> **Records from a dataset**:
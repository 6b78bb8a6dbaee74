//! Worked examples, computed on the definitions: each function's contract is a text that is printed.

ghost use Rattle.std.specs.Prelude.{◌≡◌, ◌∷◌, ◌++◌, [], codes};
ghost use Rattle.wu_core.specs.declared.states.ValidateState.TheVariants.{Invalid};
ghost use Rattle.wu_core.specs.World.{empty_world};
ghost use Rattle.wu_core.specs.Workunit.{fresh};
ghost use Rattle.wu_rules.specs.Examples.{h1, out, success};
ghost use Rattle.wu_machine.specs.declared.view.View.TheVariants.{Archive, Classes, Hosts, Import, Imports, Results, Summary, Workunits};
ghost use Rattle.wu_report.specs.Examples.{after_a_batch, decided_row, given_up_row, holding, job_having, archiving, first_job, three_grants, three_hosts, three_imports};
ghost use Rattle.wu_report.specs.Texts.{moment_text, view_text};

/// Shows the first and the last moment, noon of a day, a leap day and the last deadline, as text.
pub fn prints_moments()
    // The first moment is the start of 1970.
    ensures first { moment_text 0 ≡ codes "1970-01-01T00:00:00Z" }
    // A moment has its date and its time in UTC.
    ensures noon { moment_text 1772366400 ≡ codes "2026-03-01T12:00:00Z" }
    // A leap day is printed as 29 February.
    ensures leap_day { moment_text 1835395200 ≡ codes "2028-02-29T00:00:00Z" }
    // The last moment is the end of 2099.
    ensures last { moment_text 4102444799 ≡ codes "2099-12-31T23:59:59Z" }
    // The last deadline is the end of 2100.
    ensures last_deadline { moment_text 4133980799 ≡ codes "2100-12-31T23:59:59Z" }
{}

/// Shows the line of a new workunit.
pub fn prints_a_workunit()
    // A new workunit without a template has the default parameters, and `-` for what is not there
    // yet.
    ensures { view_text (holding first_job) Workunits
        ≡ codes "1 job_1 input=2 quorum=2 target=2 max_error=3 max_total=10 max_success=6"
        ++ codes " delay=604800 credit=1 mask=0 canonical=- assimilate=INIT delete=INIT"
        ++ codes " done=- class=0\n" }
{}

/// Shows the lines of two instances before they are sent, of one that is out, and of one that was found invalid.
pub fn prints_instances()
    // An instance that was not sent has no host and no moments.
    ensures unsent { view_text (holding (job_having (fresh ∷ fresh ∷ []))) Results
        ≡ codes "job_1_0 UNSENT INIT INIT INIT host=- sent=- deadline=- received=- output=0\n"
        ++ codes "job_1_1 UNSENT INIT INIT INIT host=- sent=- deadline=- received=- output=0\n" }
    // An instance that is out has its host, its moment and its deadline.
    ensures sent { view_text (holding (job_having (out h1 ∷ []))) Results
        ≡ codes "job_1_0 IN_PROGRESS INIT INIT INIT host=h1 sent=2026-03-01T13:00:00Z"
        ++ codes " deadline=2026-03-08T13:00:00Z received=- output=0\n" }
    // An instance that was found invalid has the length of its output.
    ensures invalid { view_text (holding (job_having (success h1 (0 ∷ []) Invalid ∷ []))) Results
        ≡ codes "job_1_0 OVER SUCCESS INVALID INIT host=h1 sent=2026-03-01T13:00:00Z"
        ++ codes " deadline=2026-03-08T13:00:00Z received=2026-03-01T14:00:00Z output=1\n" }
{}

/// Shows the lines of the hosts, in order of their names.
pub fn prints_hosts()
    // Each host has one line, with its total and the number of its grants.
    ensures { view_text three_grants Hosts
        ≡ codes "h1 total=1 grants=1\n"
        ++ codes "h2 total=2 grants=2\n" }
{}

/// Shows the lines of the hosts that have a class.
pub fn prints_classes()
    // Each host that has a class has one line, in order of names.
    ensures { view_text three_hosts Classes
        ≡ codes "h1 class=1\n"
        ++ codes "h2 class=2\n"
        ++ codes "h3 class=1\n" }
{}

/// Shows the lines of the imports, in order of their kinds and names.
pub fn prints_imports()
    // A batch has the number of its first workunit; of sends, each row was applied or skipped.
    ensures { view_text three_imports Imports
        ≡ codes "batch b1 rows=2 applied=2 skipped=0 first=1\n"
        ++ codes "batch b2 rows=0 applied=0 skipped=0 first=-\n"
        ++ codes "sent a rows=3 applied=2 skipped=1 first=-\n" }
{}

/// Shows the imports of one name, in order of their kinds, each with its skipped rows.
pub fn prints_imports_of_a_name()
    // Below the line of an import is one for each row that was skipped, with why it was.
    ensures of_sends { view_text three_imports (Import (codes "a"))
        ≡ codes "sent a rows=3 applied=2 skipped=1 first=-\n"
        ++ codes "  row 3: same_host\n" }
    // An import without a skipped row has its line alone.
    ensures of_a_batch { view_text three_imports (Import (codes "b1"))
        ≡ codes "batch b1 rows=2 applied=2 skipped=0 first=1\n" }
    // Of a name that no import has, nothing is printed.
    ensures of_none { view_text three_imports (Import (codes "b")) ≡ [] }
{}

/// Shows the line of an archived workunit that was given up, and of one whose output has two bytes.
pub fn prints_the_archive()
    // A workunit that was given up has no canonical result, and `-` for its output.
    ensures without { view_text (archiving given_up_row) Archive
        ≡ codes "1 job_1 mask=2 canonical=- done=2026-03-02T00:00:00Z output=-\n" }
    // The output of a decided workunit is in hex.
    ensures output { view_text (archiving decided_row) Archive
        ≡ codes "1 job_1 mask=0 canonical=0 done=2026-03-02T00:00:00Z output=00ff\n" }
{}

/// Shows the summary of the empty world, and of one after a batch of one job and a transition.
pub fn prints_summaries()
    // A fresh project has all counts at 0, and 1 as its next number.
    ensures empty { view_text empty_world Summary
        ≡ codes "version 3\nnext 1\n"
        ++ codes "workunits 0\nresults 0\nunsent 0\nin_progress 0\nover 0\n"
        ++ codes "archived 0\ngrants 0\ncredit 0\nimports 0\nclasses 0\n" }
    // After the batch and the transition there is one workunit with two unsent instances.
    ensures batch { view_text after_a_batch Summary
        ≡ codes "version 3\nnext 2\n"
        ++ codes "workunits 1\nresults 2\nunsent 2\nin_progress 0\nover 0\n"
        ++ codes "archived 0\ngrants 0\ncredit 0\nimports 1\nclasses 0\n" }
{}

/// Shows that no view but the summary writes anything of the empty world.
pub fn prints_nothing_of_nothing()
    // The empty world has no line of a workunit.
    ensures workunits { view_text empty_world Workunits ≡ [] }
    // The empty world has no line of an instance.
    ensures results { view_text empty_world Results ≡ [] }
    // The empty world has no line of a host.
    ensures hosts { view_text empty_world Hosts ≡ [] }
    // The empty world has no line of an archived workunit.
    ensures archive { view_text empty_world Archive ≡ [] }
    // The empty world has no line of a host with a class.
    ensures classes { view_text empty_world Classes ≡ [] }
    // The empty world has no line of an import.
    ensures imports { view_text empty_world Imports ≡ [] }
{}
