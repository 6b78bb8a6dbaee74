//! The rules on one workunit: transitioner, validator, assimilator, file deleter, purge, cancel, sends and reports.
#![tactic(auto)]

mod assimilator;
mod canceller;
mod change;
mod count;
mod deleter;
mod due;
mod instance;
mod marks;
mod purge;
mod scheduler;
mod transitioner;
mod validator;
mod verdicts;
mod waking;

pub use assimilator::assimilate;
pub use canceller::cancel;
pub use count::{is_clear, is_undecided, wants_validation};
pub use deleter::{delete_files, wants_deletion};
pub use due::{Pass, changes};
pub use instance::is_success;
pub use marks::marks_of;
pub use purge::purgeable;
pub use scheduler::{report, send};
pub use transitioner::transition;
pub use validator::validate;
pub use verdicts::{ReportVerdict, SendVerdict};
pub use waking::{has_unsent, wake_of};
pub use wu_core::Marks;
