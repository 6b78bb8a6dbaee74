//! Which workunits may be purged.

ghost use Rattle.std.specs.Prelude.{◌≡◌, ◌+◌, ◌≤◌, nat_le, false};
ghost use Rattle.std.specs.List.{list_all};
ghost use Rattle.std.specs.Option.{option_map_or};
ghost use Rattle.wu_core.specs.Limits.{longest_age};
ghost use Rattle.wu_rules.specs.Assimilation.{is_spent, is_purgeable};

use crate::instance::is_over;
use wu_core::{Assimilate, FileDelete, Instance, Instances, Moment, Workunit};

/// Returns whether the instance is over and its output deleted.
fn is_spent(instance: &Instance) -> bool
    ensures { result ≡ is_spent instance.now }
{
    is_over(instance) && instance.file_delete == FileDelete::Done
}

/// Returns whether each instance is over and its output deleted.
pub fn is_all_spent(instances: &Instances) -> bool
    // The result is true exactly if each instance is over and its output is deleted.
    ensures { result ≡ list_all is_spent instances.now }
{
    instances.iter().all(is_spent)
}

/// Returns whether the workunit was assimilated at least `min_age` seconds before the moment.
fn has_aged(done_at: Option<Moment>, now: Moment, min_age: u64) -> bool
    requires { min_age ≤ longest_age }
    ensures { result ≡ option_map_or (λ moment. nat_le (moment + min_age) now) done_at false }
{
    match done_at {
        Some(moment) => moment.seconds() + min_age <= now.seconds(),
        None => false,
    }
}

/// Returns whether the workunit may be purged. It was assimilated at least `min_age` seconds ago (at most 365 days),
/// all its instances are over, and its input and outputs are deleted.
#[tactic(auto, unfolding(crate::specs::Assimilation::is_purgeable))]
pub fn purgeable(workunit: &Workunit, now: Moment, min_age: u64) -> bool
    // The least age is at most 31,536,000 seconds, 365 days.
    requires { min_age ≤ longest_age }
    // The result is true exactly if the workunit is DONE for at least the least age, all instances
    // are over, and all files are deleted.
    ensures { result ≡ is_purgeable workunit.now now min_age }
{
    workunit.assimilate == Assimilate::Done
        && workunit.file_delete == FileDelete::Done
        && is_all_spent(&workunit.instances)
        && has_aged(workunit.done_at, now, min_age)
}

> **EXERCISE**: The lines to return begin at the first line of the records and end at the line holding "time in UTC."; please return them exactly, including both, and nothing beyond.

> **SOLUTION FOR THIS TASK**:
repository 6b78bb8a6dbaee74
//! Worked examples, computed on the definitions: each function's contract is a text that is printed.

ghost use Rattle.std.specs.Prelude.{◌≡◌, ◌∷◌, ◌++◌, [], codes};
ghost use Rattle.wu_core.specs.declared.states.ValidateState.TheVariants.{Invalid};
ghost use Rattle.wu_core.specs.World.{empty_world};
ghost use Rattle.wu_core.specs.Workunit.{fresh};
ghost use Rattle.wu_rules.specs.Examples.{h1, out, success};
ghost use Rattle.wu_machine.specs.declared.view.View.TheVariants.{Archive, Classes, Hosts, Import, Imports, Results, Summary, Workunits};
ghost use Rattle.wu_report.specs.Examples.{after_a_batch, decided_row, given_up_row, holding, job_having, archiving, first_job, three_grants, three_hosts, three_imports};
ghost use Rattle.wu_report.specs.Texts.{moment_text, view_text};

/// Shows the first and the last moment, noon of a day, a leap day and the last deadline, as text.
pub fn prints_moments()
    // The first moment is the start of 1970.
    ensures first { moment_text 0 ≡ codes "1970-01-01T00:00:00Z" }
    // A moment has its date and its time in UTC.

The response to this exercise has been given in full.